0 passed and 1 failed.
***Test Failed*** 1 failures.

The output indicates that the test failed because the sample.txt file could not be found. The read_file('sample.txt') call in the doctest raised a FileNotFoundError exception because the file does not exist. This failure is reported in the output, along with the traceback information showing the specific line of code where the exception occurred (line 8 in the read_file() function). The test result summary states that there was 1 failure in the test, and the test overall is marked as Test Failed with 1 failure.

This code cannot be performed with doctest because the test cannot handle the external resource, the file "sample.txt," according to the error message. Mocking or simulating the file's presence and contents during testing is impossible with Doctest.

Due to the file not being available or accessible in the test environment, the test will fail with a FileNotFoundError.

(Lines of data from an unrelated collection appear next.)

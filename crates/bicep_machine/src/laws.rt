//! What holds of the machine and the grammar. A law has no body: its contract is the law.

ghost use Rattle.bicep_machine.specs.Spelled.{SpelledIsRead, ReadIsSpelled};

/// A file that tokens spell is read of them, for any limit, and kept as far as the limit allows.
pub fn what_is_spelled_is_read()
    ensures { SpelledIsRead }
{}

/// What is read of tokens is a file that they spell, kept as far as the limit allows.
pub fn what_is_read_is_spelled()
    ensures { ReadIsSpelled }
{}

Due to the doctest's lack of integrated functionality for managing external resources or dependencies, this constraint exists.

Limitation 5: Unable to Efficiently work with Multiple Input Variations:

The difficulty of efficiently designing and managing tests that incorporate many input values or variations is referred to as the restriction of doctest about parameterized tests or test cases with numerous input variations. Doctest does not have built-in tools for parameterizing tests or managing numerous input variants because it is primarily intended for evaluating individual code examples within docstrings.

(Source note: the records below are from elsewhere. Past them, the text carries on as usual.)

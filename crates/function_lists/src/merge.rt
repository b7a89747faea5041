// The members of two objects side by side, each list in the order of its names.
ghost use Rattle.std.specs.Prelude.{◌≡◌, ◌≤◌, ◌++◌, ◌∷◌, [], List, Some, None, map, IfOk, OnOk, IsErr};
ghost use Rattle.std.specs.Ordering.{is_lt};
ghost use Rattle.arm_value.specs.Json.{key_cmp, members_nesting, IsInOrder};
ghost use Rattle.arm_value.specs.View.{json, member};
ghost use Rattle.function_numbers.specs.Kinds.{members_of};
ghost use Rattle.function_lists.specs.Merge.{starts_below, below, from, starts_at, object_first, without_first};

use arm_value::{Field, Fields, OutOfMemory, Text, Value};
use std::alloc::{AllocError, Global};
use std::cmp::Ordering;
use std::collections::VecDeque;

/// How the member's name compares with the name, by their bytes.
pub fn compare(field: &Field, name: &Text) -> Ordering
    ensures { result ≡ key_cmp field.now.name name.now }
{
    field.name.as_str().cmp(name.as_str())
}

fn starts_below(fields: &VecDeque<Field>, name: &Text) -> bool
    ensures { result ≡ starts_below name.now (map member fields.now.items) }
{
    match fields.front() {
        Some(field) => compare(field, name).is_lt(),
        None => false,
    }
}

fn starts_at(fields: &VecDeque<Field>, name: &Text) -> bool
    ensures { result ≡ starts_at name.now (map member fields.now.items) }
{
    match fields.front() {
        Some(field) => name.same(&field.name),
        None => false,
    }
}

// Moves the first element to the end of the list; there is none where the queue is empty.
fn move_first<T: Drop>(queue: &mut VecDeque<T>, list: &mut Vec<T>) -> Result<(), OutOfMemory>
    ensures moved { (x : T) (xs : List T) → queue.old.items ≡ x ∷ xs
        → OnOk result (list.new.items ≡ list.old.items ++ x ∷ []) }
    ensures left { (x : T) (xs : List T) → queue.old.items ≡ x ∷ xs → queue.new.items ≡ xs }
{
    match queue.pop_front() {
        Some(element) => list.push(element)?,
        None => {}
    }
    Ok(())
}

/// Moves the members at the front whose names come before the name.
pub fn move_below(
    fields: &mut VecDeque<Field>,
    members: &mut Vec<Field>,
    name: &Text,
) -> Result<(), OutOfMemory>
    ensures moved { OnOk result (map member members.new.items
        ≡ map member members.old.items ++ below name.now (map member fields.old.items)) }
    ensures left { OnOk result (map member fields.new.items
        ≡ from name.now (map member fields.old.items)) }
{
    while starts_below(fields, name) {
        move_first(fields, members)?;
    }
    Ok(())
}

// No value, after the drop of one.
fn none_after<T: Drop, U>(dropped: T) -> Option<U>
    ensures { result ≡ None }
{
    drop(dropped);
    None
}

// The value, after the drop of another one.
fn some_after<T, U: Drop>(kept: T, dropped: U) -> Option<T>
    ensures { result ≡ Some kept }
{
    drop(dropped);
    Some(kept)
}

// The members of the object that the member's value is.
#[tactic(auto, using(function_numbers::proofs::RowLemmas::members_of_pairs))]
fn object_in(field: Field) -> Option<Fields>
    ensures { result ≡ members_of (json field.value) }
{
    let Field { name, value } = field;
    match value {
        Value::Object(fields) => some_after(fields, name),
        other => none_after((other, name)),
    }
}

/// Takes the first member, where its name is the name, and gives the members of the object that
/// its value is.
pub fn take_object(fields: &mut VecDeque<Field>, name: &Text) -> Option<Fields>
    ensures object { result ≡ object_first name.now (map member fields.old.items) }
    ensures left { map member fields.new.items ≡ without_first name.now (map member fields.old.items) }
{
    if !starts_at(fields, name) {
        return None;
    }
    match fields.pop_front() {
        Some(field) => object_in(field),
        None => None,
    }
}

// Out of memory, after the drop of what is not needed.
fn lacks_memory<T: Drop>(dropped: T) -> Result<(), OutOfMemory>
    ensures { IsErr result }
{
    drop(dropped);
    Err(AllocError)
}

/// Adds a member of a copy of the name and of the value.
pub fn push_named(
    alloc: Global,
    members: &mut Vec<Field>,
    name: &Text,
    value: Value,
) -> Result<(), OutOfMemory>
    ensures { OnOk result (map member members.new.items
        ≡ map member members.old.items ++ (name.now, json value) ∷ []) }
{
    match name.copy(alloc) {
        Ok(name) => {
            members.push(Field { name, value })?;
            Ok(())
        }
        Err(_) => lacks_memory(value),
    }
}

// Moves all elements to the end of the list.
fn move_all<T: Drop>(queue: VecDeque<T>, list: &mut Vec<T>) -> Result<(), OutOfMemory>
    ensures { OnOk result (list.new.items ≡ list.old.items ++ queue.items) }
{
    for element in queue {
        list.push(element)?;
    }
    Ok(())
}

/// The members, which are in the order of their names, as those of an object.
pub fn in_object(alloc: Global, members: Vec<Field>) -> Result<Fields, OutOfMemory>
    requires ordered { IsInOrder (map member members.items) }
    requires nests { members_nesting (map member members.items) ≤ 119 }
    ensures { IfOk result (λ fields. fields ≡ map member members.items) }
{
    let mut fields = Fields::new();
    for field in members {
        fields.push_last(alloc, field.name, field.value)?;
    }
    Ok(fields)
}

/// The members and those of the queue, which are together in the order of their names, as those of
/// an object.
pub fn all_in_object(
    alloc: Global,
    queue: VecDeque<Field>,
    members: Vec<Field>,
) -> Result<Fields, OutOfMemory>
    requires ordered { IsInOrder (map member members.items ++ map member queue.items) }
    requires nests { members_nesting (map member members.items ++ map member queue.items) ≤ 119 }
    ensures { IfOk result (λ fields. fields ≡ map member members.items ++ map member queue.items) }
{
    let mut members = members;
    move_all(queue, &mut members)?;
    in_object(alloc, members)
}
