// First and last parts of arrays and texts.
ghost use Rattle.std.specs.Prelude.{◌≡◌, ◌∷◌, ◌-◌, [], take, drop, length, slice_get, map, option_map, IfOk};
ghost use Rattle.arm_value.specs.View.{json};
ghost use Rattle.function_lists.specs.Values.{array_of, or_null};
ghost use Rattle.function_lists.specs.Ends as row;
ghost use Rattle.function_lists.specs.Ends.{amount, first_part, last_part, without_front, front_alone};

use crate::characters::{after_front, front_of, last_of};
use crate::values::{array_of, copies, copy_or_null};
use arm_value::{Items, OutOfMemory, Text, Value};
use std::alloc::Global;

// The count, 0 where it is below that.
fn amount(count: i64) -> u64
    ensures { result ≡ amount count }
{
    if count <= 0 { 0 } else { count as u64 }
}

// The elements after so many.
fn after<T>(elements: &[T], count: u64) -> &[T]
    ensures { result.now ≡ drop count elements.now }
{
    if elements.len() as u64 <= count {
        return &[];
    }
    &elements[count as usize..]
}

// So many elements at the front.
fn before<T>(elements: &[T], count: u64) -> &[T]
    ensures { result.now ≡ take count elements.now }
{
    if elements.len() as u64 <= count {
        return elements;
    }
    &elements[..count as usize]
}

fn first_character(alloc: Global, text: &Text) -> Result<Text, OutOfMemory>
    ensures { IfOk result (λ t. t ≡ take 1 text.now) }
{
    Text::of(alloc, front_of(text.as_str(), 1))
}

#[tactic(auto, using(function_numbers::proofs::RowLemmas::items_of_row))]
fn first_part(alloc: Global, value: &Value) -> Result<Option<Value>, OutOfMemory>
    ensures { IfOk result (λ part. option_map json part ≡ first_part (json value.now)) }
{
    match value {
        Value::Array(items) => Ok(Some(copy_or_null(alloc, items.at(0))?)),
        Value::Text(text) => Ok(Some(Value::Text(first_character(alloc, text)?))),
        _ => Ok(None),
    }
}

/// `first`: the first item of an array, null where it has none, or the text of the first character.
pub fn first(alloc: Global, args: &[Value]) -> Result<Option<Value>, OutOfMemory>
    ensures { IfOk result (λ value. option_map json value ≡ row.first (map json args.now)) }
{
    match args {
        [value] => first_part(alloc, value),
        _ => Ok(None),
    }
}

fn last_character(alloc: Global, text: &Text) -> Result<Text, OutOfMemory>
    ensures { IfOk result (λ t. t ≡ drop (length text.now - 1) text.now) }
{
    Text::of(alloc, last_of(text.as_str()))
}

fn last_item(items: &Items) -> Option<&Value>
    ensures { option_map (λ v. json v.now) result ≡ slice_get items.now (length items.now - 1) }
{
    if items.len() == 0 {
        return None;
    }
    items.at(items.len() - 1)
}

#[tactic(auto, using(function_numbers::proofs::RowLemmas::items_of_row))]
fn last_part(alloc: Global, value: &Value) -> Result<Option<Value>, OutOfMemory>
    ensures { IfOk result (λ part. option_map json part ≡ last_part (json value.now)) }
{
    match value {
        Value::Array(items) => Ok(Some(copy_or_null(alloc, last_item(items))?)),
        Value::Text(text) => Ok(Some(Value::Text(last_character(alloc, text)?))),
        _ => Ok(None),
    }
}

/// `last`: the last item of an array, null where it has none, or the text of the last character.
pub fn last(alloc: Global, args: &[Value]) -> Result<Option<Value>, OutOfMemory>
    ensures { IfOk result (λ value. option_map json value ≡ row.last (map json args.now)) }
{
    match args {
        [value] => last_part(alloc, value),
        _ => Ok(None),
    }
}

fn text_after(alloc: Global, text: &Text, count: u64) -> Result<Text, OutOfMemory>
    ensures { IfOk result (λ t. t ≡ drop count text.now) }
{
    Text::of(alloc, after_front(text.as_str(), count))
}

fn items_after(alloc: Global, items: &Items, count: u64) -> Result<Option<Value>, OutOfMemory>
    ensures { IfOk result (λ value. option_map json value ≡ array_of (drop count items.now)) }
{
    let copies = copies(alloc, after(items.as_slice(), count))?;
    Ok(array_of(copies))
}

#[tactic(auto, using(function_numbers::proofs::RowLemmas::items_of_row))]
fn without_front(alloc: Global, value: &Value, count: &Value) -> Result<Option<Value>, OutOfMemory>
    ensures { IfOk result (λ part. option_map json part ≡ without_front (json value.now) (json count.now)) }
{
    match (value, count) {
        (Value::Array(items), Value::Int(count)) => items_after(alloc, items, amount(*count)),
        (Value::Text(text), Value::Int(count)) => Ok(Some(Value::Text(text_after(
            alloc,
            text,
            amount(*count),
        )?))),
        _ => Ok(None),
    }
}

/// `skip`: an array or a text without so many items or characters at the front.
///
/// A count below 0 counts as 0, and one beyond the length as the length.
pub fn skip(alloc: Global, args: &[Value]) -> Result<Option<Value>, OutOfMemory>
    ensures { IfOk result (λ value. option_map json value ≡ row.skip (map json args.now)) }
{
    match args {
        [value, count] => without_front(alloc, value, count),
        _ => Ok(None),
    }
}

fn text_before(alloc: Global, text: &Text, count: u64) -> Result<Text, OutOfMemory>
    ensures { IfOk result (λ t. t ≡ take count text.now) }
{
    Text::of(alloc, front_of(text.as_str(), count))
}

fn items_before(alloc: Global, items: &Items, count: u64) -> Result<Option<Value>, OutOfMemory>
    ensures { IfOk result (λ value. option_map json value ≡ array_of (take count items.now)) }
{
    let copies = copies(alloc, before(items.as_slice(), count))?;
    Ok(array_of(copies))
}

#[tactic(auto, using(function_numbers::proofs::RowLemmas::items_of_row))]
fn front_alone(alloc: Global, value: &Value, count: &Value) -> Result<Option<Value>, OutOfMemory>
    ensures { IfOk result (λ part. option_map json part ≡ front_alone (json value.now) (json count.now)) }
{
    match (value, count) {
        (Value::Array(items), Value::Int(count)) => items_before(alloc, items, amount(*count)),
        (Value::Text(text), Value::Int(count)) => Ok(Some(Value::Text(text_before(
            alloc,
            text,
            amount(*count),
        )?))),
        _ => Ok(None),
    }
}

/// `take`: so many items or characters at the front of an array or a text.
///
/// A count below 0 counts as 0, and one beyond the length as the length.
pub fn take(alloc: Global, args: &[Value]) -> Result<Option<Value>, OutOfMemory>
    ensures { IfOk result (λ value. option_map json value ≡ row.take (map json args.now)) }
{
    match args {
        [value, count] => front_alone(alloc, value, count),
        _ => Ok(None),
    }
}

In this example, the multiply_numbers() method multiplies two numbers together and returns the result. Three documents with various inputs and anticipated outcomes are included in the docstring.

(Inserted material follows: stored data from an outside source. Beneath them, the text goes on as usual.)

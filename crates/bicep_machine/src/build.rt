// Composites of parts that were kept; a leaf replaces a composite that nests too deep.
#![tactic(auto, using(bicep_tree::proofs::ViewLemmas::enums, bicep_tree::proofs::ViewLemmas::structs, crate::proofs::StackLemmas::stacks))]

ghost use Rattle.std.specs.Prelude.{◌≡◌, max, map, IfOk};
ghost use Rattle.bicep_tree.specs.Tree.{name, literal};
ghost use Rattle.bicep_tree.specs.View.{tree_of, hole_of};
ghost use Rattle.bicep_machine.specs.Kept.{made, gap, put, of_holes, of_items, of_parentheses, of_call, of_access};
ghost use Rattle.bicep_machine.specs.Kept.{of_index, of_not_null, of_prefix, of_binary, of_conditional, of_hole};
ghost use Rattle.bicep_machine.specs.Views.{kept, kept_items, kept_holes};

use crate::discard::Discard;
use crate::kept::{Kept, MAX_PART_NESTING, deeper, flat, put};
use arm_value::{OutOfMemory, Text};
use bicep_tree::{Access, Expr, Function, Hole, Indexing, Literal, Name, Operator, Prefix};
use std::alloc::Global;

// The expression, at its depth.
fn boxed(alloc: Global, e: Expr, depth: usize) -> Result<Kept<Box<Expr>>, OutOfMemory>
    ensures { IfOk result (λ k. kept k ≡ (tree_of e, depth)) }
{
    Ok(Kept {
        part: Box::new(alloc, e)?,
        depth,
    })
}

// A leaf that replaces a part that nests too deep; drops the part.
#[tactic(auto, using(bicep_tree::proofs::ViewLemmas::enums), unfolding(crate::specs::Kept::made))]
fn gap_for(alloc: Global, part: Expr) -> Result<Kept<Box<Expr>>, OutOfMemory>
    ensures { IfOk result (λ k. kept k ≡ (gap, 65)) }
{
    part.discard();
    boxed(alloc, Expr::Literal(0, Literal::Null), MAX_PART_NESTING + 1)
}

// The composite of parts that nest at most so deep.
#[tactic(auto, using(bicep_tree::proofs::ViewLemmas::enums), unfolding(crate::specs::Kept::made))]
fn made(alloc: Global, composite: Expr, below: usize) -> Result<Kept<Box<Expr>>, OutOfMemory>
    ensures { IfOk result (λ k. kept k ≡ made 64 gap (tree_of composite) below) }
{
    if below < MAX_PART_NESTING {
        boxed(alloc, composite, below + 1)
    } else {
        gap_for(alloc, composite)
    }
}

/// A name as an expression.
pub fn named(alloc: Global, word: Name) -> Result<Kept<Box<Expr>>, OutOfMemory>
    ensures { IfOk result (λ k. kept k ≡ (name word, 0)) }
{
    Ok(flat(Box::new(alloc, Expr::Name(word))?))
}

/// A literal as an expression.
pub fn literal_at(alloc: Global, at: usize, value: Literal) -> Result<Kept<Box<Expr>>, OutOfMemory>
    ensures { IfOk result (λ k. kept k ≡ (literal at value, 0)) }
{
    Ok(flat(Box::new(alloc, Expr::Literal(at, value))?))
}

/// The list of expressions with one more at its end.
pub fn with_item(items: Kept<Vec<Expr>>, e: Kept<Box<Expr>>) -> Result<Kept<Vec<Expr>>, OutOfMemory>
    ensures { IfOk result (λ k. kept_items k ≡ put (kept_items items) (kept e)) }
{
    put(
        items,
        Kept {
            part: Box::into_inner(e.part),
            depth: e.depth,
        },
    )
}

/// The holes of a text with one more, and the characters after it.
pub fn with_hole(
    holes: Kept<Vec<Hole>>,
    e: Kept<Box<Expr>>,
    after: Text,
) -> Result<Kept<Vec<Hole>>, OutOfMemory>
    ensures { IfOk result (λ k. kept_holes k ≡ put (kept_holes holes) (of_hole (kept e) after)) }
{
    let hole = Hole {
        value: Box::into_inner(e.part),
        after,
    };
    put(
        holes,
        Kept {
            part: hole,
            depth: e.depth,
        },
    )
}

/// An interpolated text: the characters before its first hole, and its holes.
pub fn text_of(
    alloc: Global,
    at: usize,
    before: Text,
    holes: Kept<Vec<Hole>>,
) -> Result<Kept<Box<Expr>>, OutOfMemory>
    ensures { IfOk result (λ k. kept k ≡ of_holes 64 at before (kept_holes holes)) }
{
    made(
        alloc,
        Expr::Interpolated(at, before, holes.part),
        holes.depth,
    )
}

/// An array of items.
pub fn array_of(
    alloc: Global,
    at: usize,
    items: Kept<Vec<Expr>>,
) -> Result<Kept<Box<Expr>>, OutOfMemory>
    ensures { IfOk result (λ k. kept k ≡ of_items 64 at (kept_items items)) }
{
    made(alloc, Expr::Array(at, items.part), items.depth)
}

/// An expression in parentheses.
pub fn parentheses_of(
    alloc: Global,
    at: usize,
    e: Kept<Box<Expr>>,
) -> Result<Kept<Box<Expr>>, OutOfMemory>
    ensures { IfOk result (λ k. kept k ≡ of_parentheses 64 at (kept e)) }
{
    made(alloc, Expr::Parentheses(at, e.part), e.depth)
}

/// A call with its arguments.
pub fn call_of(
    alloc: Global,
    function: Function,
    arguments: Kept<Vec<Expr>>,
) -> Result<Kept<Box<Expr>>, OutOfMemory>
    ensures { IfOk result (λ k. kept k ≡ of_call 64 function (kept_items arguments)) }
{
    made(alloc, Expr::Call(function, arguments.part), arguments.depth)
}

/// A value and the name after `.`, `.?` or `::`.
pub fn access_of(
    alloc: Global,
    e: Kept<Box<Expr>>,
    access: Access,
    name: Name,
) -> Result<Kept<Box<Expr>>, OutOfMemory>
    ensures { IfOk result (λ k. kept k ≡ of_access 64 (kept e) access name) }
{
    made(alloc, Expr::Access(e.part, access, name), e.depth)
}

/// A value and an index after it.
pub fn index_of(
    alloc: Global,
    e: Kept<Box<Expr>>,
    indexing: Indexing,
    index: Kept<Box<Expr>>,
) -> Result<Kept<Box<Expr>>, OutOfMemory>
    ensures { IfOk result (λ k. kept k ≡ of_index 64 (kept e) indexing (kept index)) }
{
    let below = deeper(e.depth, index.depth);
    made(alloc, Expr::Index(e.part, indexing, index.part), below)
}

/// A value and `!`.
pub fn not_null_of(alloc: Global, e: Kept<Box<Expr>>) -> Result<Kept<Box<Expr>>, OutOfMemory>
    ensures { IfOk result (λ k. kept k ≡ of_not_null 64 (kept e)) }
{
    made(alloc, Expr::NotNull(e.part), e.depth)
}

/// An operator and its one operand.
pub fn prefix_of(
    alloc: Global,
    at: usize,
    prefix: Prefix,
    e: Kept<Box<Expr>>,
) -> Result<Kept<Box<Expr>>, OutOfMemory>
    ensures { IfOk result (λ k. kept k ≡ of_prefix 64 at prefix (kept e)) }
{
    made(alloc, Expr::Prefix(at, prefix, e.part), e.depth)
}

/// An operator between two operands.
pub fn binary_of(
    alloc: Global,
    operator: Operator,
    left: Kept<Box<Expr>>,
    right: Kept<Box<Expr>>,
) -> Result<Kept<Box<Expr>>, OutOfMemory>
    ensures { IfOk result (λ k. kept k ≡ of_binary 64 operator (kept left) (kept right)) }
{
    let below = deeper(left.depth, right.depth);
    made(alloc, Expr::Binary(operator, left.part, right.part), below)
}

/// A conditional: its condition, and its two branches.
pub fn conditional_of(
    alloc: Global,
    condition: Kept<Box<Expr>>,
    first: Kept<Box<Expr>>,
    second: Kept<Box<Expr>>,
) -> Result<Kept<Box<Expr>>, OutOfMemory>
    ensures { IfOk result
        (λ k. kept k ≡ of_conditional 64 (kept condition) (kept first) (kept second)) }
{
    let below = deeper(condition.depth, deeper(first.depth, second.depth));
    made(
        alloc,
        Expr::Conditional(condition.part, first.part, second.part),
        below,
    )
}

When this code is performed with doctest, the doctests are executed, and the actual and anticipated output of the function are compared. To properly manage parameterized tests or many input variants, however, doctest does not offer a built-in solution.

Constructing several doctests with different input and output values within the docstring becomes difficult and recurring if you wish to include more test cases or parameterize the tests. The more test cases or input changes there are, the more obvious this constraint is.

Other testing frameworks, such as unit tests or pytest, provide more adaptable methods for handling parameterized tests to get around this restriction. These frameworks offer a thorough and organized approach to managing tests with many input variations by allowing you to construct test cases using decorators, generate test data programmatically, or leverage other data sources.

When dealing with more complicated parameterized tests or test cases that call for many input variations, doctest may still be appropriate for straightforward scenarios with few test variations.

Conclusion

In conclusion, Python's doctest module offers a simple and lightweight approach to inserting tests into the documentation strings of modules and functions. It encourages describing code and testing it using embedded test cases to ensure it behaves as intended. Doctest is especially helpful when the anticipated result may be stated in the docstring.

It's crucial to understand the doctest's limits, though. There might be better options for addressing more complicated testing requirements, such as parameterized tests with several input variants or tests that rely on outside resources. Other testing frameworks, such as unit test or pytest, offer more sophisticated functionality and flexibility in similar circumstances.

The complexity and extent of your testing requirements should be considered when selecting whether to utilize doctest or another testing framework. Doctest can be useful for short, simple tests integrated with documentation, but alternative frameworks may be more appropriate for robust, in-depth tests.

Overall, Python's testing environment benefits from the doctest module, which provides a simple and integrated method for testing code examples included within docstrings. Developers may use doctest efficiently in their testing strategy and select the best testing framework for certain circumstances by knowing its advantages and disadvantages.